Entscheidend ist hier der Wortlaut des Mietvertrages. Wird hier auf die Betriebskostenverordnung Bezug genommen oder sind die Betriebskostenpositionen einzeln im Mietvertrag aufgeführt, dann gelten diese als mietvertraglich vereinbart und sind dann auch in der Betriebskostenabrechnung umlagefähig.

Sollten sich jedoch keinerlei Regelungen diesbezüglich im Mietvertrag finden, dann haben die Mieter mit den Betriebskosten nichts zu tun. In den meisten Mietverträgen ist die Umlage der Betriebskosten auf den Mieter jedoch wirksam vereinbart.

Wir haben ein Problem mit Geruchsbelästigungen durch einen Döner-Imbiss im Haus.

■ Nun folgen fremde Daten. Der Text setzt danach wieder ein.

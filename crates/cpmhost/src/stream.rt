//! The standard streams of the program where an output is one of them, by whatever name: each is written where it stands, so that nothing that the program
//! prints there lies over it.

ghost use Rattle.std.specs.Prelude.{◌≤◌, IfOk, length};

use crate::held::LockableFiles;
use crate::patient::{PatientError, PatientOutput};
use std::alloc::AllocError;
use std::io::{ErrorKind, Write};
use std::path::{Path, PathBuf};
use std::rt::Files;
use std::{fs, io};

/// A standard stream that is written.
#[derive(Clone, Copy, Debug, PartialEq, Eq, Drop)]
pub enum Stream {
    Output,
    Error,
}

impl Stream {
    /// Writes some of the bytes to it, and says how many.
    pub fn write(self, rt: &impl LockableFiles, bytes: &[u8]) -> io::Result<usize>
        ensures bound { IfOk result (λ n. n ≤ length bytes.now) }
    {
        match self {
            Stream::Output => PatientOutput::new(rt).write(bytes),
            Stream::Error => PatientError::new(rt).write(bytes),
        }
    }
}

/// The folders in which this process has what it has open, each under its number.
const OWN_FOLDERS: [&str; 2] = ["/proc/self/fd", "/proc/thread-self/fd"];

/// A path without links that leads where this one does, or why there is none. The empty path is that of the current folder.
pub fn real_path(
    rt: &(impl Files + AllocGlobal),
    path: Path<'_>,
) -> Result<io::Result<PathBuf>, AllocError> {
    let path = match path.as_str() {
        "" => Path::new("."),
        _ => path,
    };
    match fs::canonicalize(rt, path) {
        Err(error) if error.kind() == ErrorKind::OutOfMemory => Err(AllocError),
        found => Ok(found),
    }
}

/// Whether a folder is one in which this process has what it has open.
fn is_own_folder(rt: &(impl Files + AllocGlobal), folder: Path<'_>) -> Result<bool, AllocError> {
    let Ok(folder) = real_path(rt, folder)? else {
        return Ok(false);
    };
    for own in OWN_FOLDERS {
        if let Ok(own) = real_path(rt, Path::new(own))?
            && own.as_path().as_str() == folder.as_path().as_str()
        {
            return Ok(true);
        }
    }
    Ok(false)
}

/// The standard stream that a path is of by its number, if it is one of this process. The path is of something that a process has open.
pub fn stream_of(
    rt: &(impl Files + AllocGlobal),
    path: &str,
) -> Result<Option<Stream>, AllocError> {
    let path = Path::new(path);
    let (Some(folder), Some(number)) = (path.parent(), path.file_name()) else {
        return Ok(None);
    };
    let stream = match number {
        "1" => Stream::Output,
        "2" => Stream::Error,
        _ => return Ok(None),
    };
    if is_own_folder(rt, folder)? {
        Ok(Some(stream))
    } else {
        Ok(None)
    }
}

Der Imbiss lüftet seine Küche ins gemeinsame Treppenhaus. Der Geruch zieht von dort in die Wohnungen. Kann man dagegen etwas unternehmen?

Sie sollten den Vermieter über diesen Umstand informieren und ihn unter Fristsetzung (üblicherweise zwei Wochen) auffordern, dafür Sorge zu tragen, dass dieser Mangel umgehend beseitigt wird. Wenn der Geruch das zumutbare Maß überschreitet, besteht gegebenenfalls auch ein Recht, die Miete zu mindern.